加藤鮎子の発言 (本会議)
⚠️ コピーしたテキストを転載する際は、転載元URL(kokkai-data.com)および原典URL(kokkai.ndl.go.jp)を必ず残してください。発言内容の改変・出典削除は禁止です。
詳細は利用規約をご確認ください。
○国務大臣(加藤鮎子君) 答弁の前に、趣旨説明に関する発言につきまして、訂正させていただきたいと思います。
趣旨説明中、育児時短休業給付と発言をいたしましたが、正しくは、育児時短就業給付であります。訂正をさせていただきます。
中野洋昌議員の御質問にお答えいたします。
児童手当の拡充の意義や狙いについてお尋ねがありました。
理想の子供数を持たない理由として、子育てや教育にお金がかかり過ぎるからが最も高くなっており、経済的支援の充実は重要です。
こうした状況を踏まえ、児童手当については、ライフステージを通じた子育てに係る経済的支援の強化策の一環として、全ての子供の育ちを支える基礎的な経済支援としての位置づけを明確化します。
その際、所得制限を撤廃し、教育費の負担が大きい高校生年代への支給を延長し、より経済的支援の必要性の高い子供三人以上の世帯で、第三子以降の支給額を三万円へ増額することで、抜本的な拡充を図ってまいります。
こども誰でも通園制度の人材確保と提供体制の整備についてお尋ねがありました。
こども誰でも通園制度を進めるに当たっては、保育人材の確保が大変重要です。引き続き、保育士の処遇改善を進めるとともに、保育士を希望する方への資格取得支援、保育所等におけるICT化の推進等による就業継続のための職場環境づくりなど、総合的に取り組んでまいります。
また、制度の本格実施を見据え、実施主体となる市町村においては、計画的に提供体制の整備を行っていただく必要があります。国としても、試行的事業を通じて地域の実情に応じた制度設計を行うとともに、市町村向けの説明会を適時に行うことなどにより整備を支援してまいります。
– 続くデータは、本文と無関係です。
//! The wording of a fault of the grammar: the mistake that was probably made, or else what may come where
//! the text goes wrong.

use crate::mistakes::likely_mistake;
use pb_base::NoMemory;
use pb_lexer::{LexFault, Token, lex};
use pb_mistakes::tokens::{text_at, token_at};
use pb_mistakes::{Shown, Told, Wording};
use pb_parser::{ParseFault, parse};
use std::alloc::{AllocError, Global};

/// What may come at a place of the text, tried by one spelling of it.
struct Probe {
    spelling: &'static str,
    name: &'static str,
    part_of: Part,
}

/// The longer phrases of which a token may be the beginning.
#[derive(Clone, Copy, PartialEq, Eq)]
enum Part {
    // It is shown wherever it may come.
    Alone,
    // It is not shown where a statement may come.
    Statement,
    // It is not shown where an expression may come.
    Expression,
    // It is not shown where a statement or an expression may come.
    Either,
    // It is not shown where an operator may come.
    Operator,
}

const STATEMENT: &str = "skip";

const EXPRESSION: &str = "(";

const OPERATOR: &str = "*";

const PROBES: [Probe; 19] = [
    Probe {
        spelling: "x",
        name: "a name",
        part_of: Part::Either,
    },
    Probe {
        spelling: "1",
        name: "a number",
        part_of: Part::Expression,
    },
    Probe {
        spelling: ":=",
        name: "`:=`",
        part_of: Part::Alone,
    },
    Probe {
        spelling: "=",
        name: "`=`",
        part_of: Part::Operator,
    },
    Probe {
        spelling: ";",
        name: "`;`",
        part_of: Part::Alone,
    },
    Probe {
        spelling: ",",
        name: "`,`",
        part_of: Part::Alone,
    },
    Probe {
        spelling: ")",
        name: "`)`",
        part_of: Part::Alone,
    },
    Probe {
        spelling: "begin",
        name: "`begin`",
        part_of: Part::Statement,
    },
    Probe {
        spelling: "do",
        name: "`do`",
        part_of: Part::Alone,
    },
    Probe {
        spelling: "else",
        name: "`else`",
        part_of: Part::Alone,
    },
    Probe {
        spelling: "end",
        name: "`end`",
        part_of: Part::Alone,
    },
    Probe {
        spelling: "fi",
        name: "`fi`",
        part_of: Part::Alone,
    },
    Probe {
        spelling: "integer",
        name: "`integer`",
        part_of: Part::Alone,
    },
    Probe {
        spelling: "od",
        name: "`od`",
        part_of: Part::Alone,
    },
    Probe {
        spelling: "of",
        name: "`of`",
        part_of: Part::Alone,
    },
    Probe {
        spelling: "parend",
        name: "`parend`",
        part_of: Part::Alone,
    },
    Probe {
        spelling: "process",
        name: "`process`",
        part_of: Part::Alone,
    },
    Probe {
        spelling: "resource",
        name: "`resource`",
        part_of: Part::Alone,
    },
    Probe {
        spelling: "then",
        name: "`then`",
        part_of: Part::Alone,
    },
];

/// Which phrases may begin at a place.
#[derive(Clone, Copy)]
struct Phrases {
    statement: bool,
    expression: bool,
    operator: bool,
}

/// Returns the wording of a fault of the grammar of a text.
pub fn parse_wording(alloc: Global, text: &[u8], fault: ParseFault) -> Result<Wording, NoMemory> {
    match fault {
        ParseFault::Syntax(at) => syntax_wording(alloc, text, at),
        ParseFault::TooDeep => Ok(too_deep(alloc)),
        ParseFault::TooLarge => Ok(Wording::of(
            alloc,
            "the program has more than 16384 expressions, statements and processes",
        )),
        ParseFault::NoMemory => Err(NoMemory),
    }
}

fn too_deep(alloc: Global) -> Wording {
    Wording::noted(
        alloc,
        "the text is nested too deeply",
        "hint: the limits are 256 open brackets and statements, 256 of `-` and `not` in a row, and a tree 200 high",
    )
}

/// Returns the mistake that was probably made in a text with these tokens, whose grammar has its fault at an offset;
/// nothing if none is likely.
pub fn syntax_mistake<'t>(
    alloc: Global,
    text: &'t [u8],
    tokens: &[Token<'t>],
    at: usize,
) -> Result<Option<Told<'t>>, NoMemory> {
    let number = token_at(tokens, at).unwrap_or(tokens.len());
    likely_mistake(alloc, text, tokens, number)
}

fn syntax_wording(alloc: Global, text: &[u8], at: usize) -> Result<Wording, NoMemory> {
    let Ok(tokens) = lex(alloc, text) else {
        return Err(NoMemory);
    };
    let number = token_at(&tokens, at).unwrap_or(tokens.len());
    match syntax_mistake(alloc, text, &tokens, at)? {
        Some(told) => Ok(told.wording(alloc)),
        None => unexpected(alloc, &text[..at.min(text.len())], &tokens, number),
    }
}

/// Returns the wording that says what may come after the first part of a text, in the place of the token with a number.
fn unexpected(
    alloc: Global,
    text: &[u8],
    tokens: &[Token],
    number: usize,
) -> Result<Wording, NoMemory> {
    let expected = expected(alloc, text)?;
    let mut wording = Wording::new(alloc, unexpected_in_words(alloc, tokens, number));
    if let Some(expected) = expected {
        wording.note(Ok(expected));
    }
    Ok(wording)
}

fn unexpected_in_words(
    alloc: Global,
    tokens: &[Token],
    number: usize,
) -> Result<String, AllocError> {
    if number < tokens.len() {
        format!(in alloc; "unexpected `{}`", Shown(text_at(tokens, number)))
    } else {
        String::from_str(alloc, "unexpected end of the text")
    }
}

/// Returns the line that says what may come after the first part of a text; nothing if no token may.
fn expected(alloc: Global, text: &[u8]) -> Result<Option<String>, NoMemory> {
    let phrases = phrases_behind(alloc, text)?;
    let mut line = String::from_str(alloc, "expected: ")?;
    let empty = line.len();
    put_choices(alloc, &mut line, text, phrases)?;
    if line.len() == empty {
        return Ok(None);
    }
    Ok(Some(line))
}

/// Returns which phrases may begin after the first part of a text.
fn phrases_behind(alloc: Global, text: &[u8]) -> Result<Phrases, NoMemory> {
    Ok(Phrases {
        statement: may_follow(alloc, text, STATEMENT)?,
        expression: may_follow(alloc, text, EXPRESSION)?,
        operator: may_follow(alloc, text, OPERATOR)?,
    })
}

/// Appends to `line`, the beginning of a line, what may come after the first part of a text.
fn put_choices(
    alloc: Global,
    line: &mut String,
    text: &[u8],
    phrases: Phrases,
) -> Result<(), NoMemory> {
    let empty = line.len();
    put_choice(line, empty, phrases.statement, "a statement")?;
    put_choice(line, empty, phrases.expression, "an expression")?;
    put_choice(line, empty, phrases.operator, "an operator")?;
    for probe in &PROBES {
        put_probe(alloc, line, empty, text, phrases, probe)?;
    }
    Ok(())
}

/// Appends to `line`, a line that was `empty` bytes long, what a probe tries, if it may come after the first part of
/// a text and is shown beside these phrases.
fn put_probe(
    alloc: Global,
    line: &mut String,
    empty: usize,
    text: &[u8],
    phrases: Phrases,
    probe: &Probe,
) -> Result<(), NoMemory> {
    let is_one = is_told(probe.part_of, phrases) && may_follow(alloc, text, probe.spelling)?;
    put_choice(line, empty, is_one, probe.name)
}

/// Appends one more choice to `line`, a line that was `empty` bytes long, if it is one.
fn put_choice(line: &mut String, empty: usize, is_one: bool, choice: &str) -> Result<(), NoMemory> {
    if !is_one {
        return Ok(());
    }
    if line.len() > empty {
        line.push_str(" or ")?;
    }
    line.push_str(choice)?;
    Ok(())
}

/// Returns whether what is part of these phrases is shown beside them.
fn is_told(part_of: Part, phrases: Phrases) -> bool {
    match part_of {
        Part::Alone => true,
        Part::Statement => !phrases.statement,
        Part::Expression => !phrases.expression,
        Part::Either => !phrases.statement && !phrases.expression,
        Part::Operator => !phrases.operator,
    }
}

/// Returns whether a token may come after the first part of a text: some program begins so.
fn may_follow(alloc: Global, text: &[u8], token: &str) -> Result<bool, NoMemory> {
    let mut longer = Vec::from_slice(alloc, text)?;
    longer.push(b' ')?;
    longer.extend_from_slice(token.as_bytes())?;
    begins_program(alloc, &longer)
}

/// Returns whether some program begins with this text.
fn begins_program(alloc: Global, text: &[u8]) -> Result<bool, NoMemory> {
    let tokens = match lex(alloc, text) {
        Ok(tokens) => tokens,
        Err(LexFault::NoMemory) => return Err(NoMemory),
        Err(_) => return Ok(false),
    };
    match parse(alloc, &tokens) {
        Ok(_) => Ok(true),
        Err(ParseFault::Syntax(at)) => Ok(at == text.len()),
        Err(ParseFault::NoMemory) => Err(NoMemory),
        Err(_) => Ok(false),
    }
}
保育士等の処遇改善の現状と取組についてお尋ねがありました。
保育士等の処遇改善については、平成二十五年度以降、累次の処遇改善に取り組んできており、直近では五%を上回る公定価格の人件費の改定を行い、累計プラス二三%の給与改善を進めています。また、これとは別に、技能、経験に応じた月額最大四万円の給与改善を平成二十九年度から行っています。
こうした取組が現場に行き渡ることが重要です。このため、処遇改善等加算においては、加算額が確実に賃金改善に充てられる仕組みとしております。さらに、今般の法案においては、費用の使途の見える化に関する内容を盛り込んでおり、保育所等からの報告内容を分析することにより、職種別の賃金改善の状況等を明らかにする等、透明性の向上を図ることとしております。
多様な支援ニーズへの対応の強化についてお尋ねがありました。
こども家庭庁では、こども家庭センター設置など、本年四月からの改正児童福祉法の円滑な施行に取り組むとともに、こども未来戦略に沿って、児童扶養手当の所得制限の見直しや多子加算の増額、大学等への進学を応援するための学習支援の強化、障害のある子供の補装具費の所得制限撤廃など、対応を大幅に強化してまいります。
また、本年四月施行の障害福祉サービス等に係る報酬改定による家族支援やインクルージョン推進、本法案によるヤングケアラー支援に係る自治体間の取組格差の是正等も図ってまいります。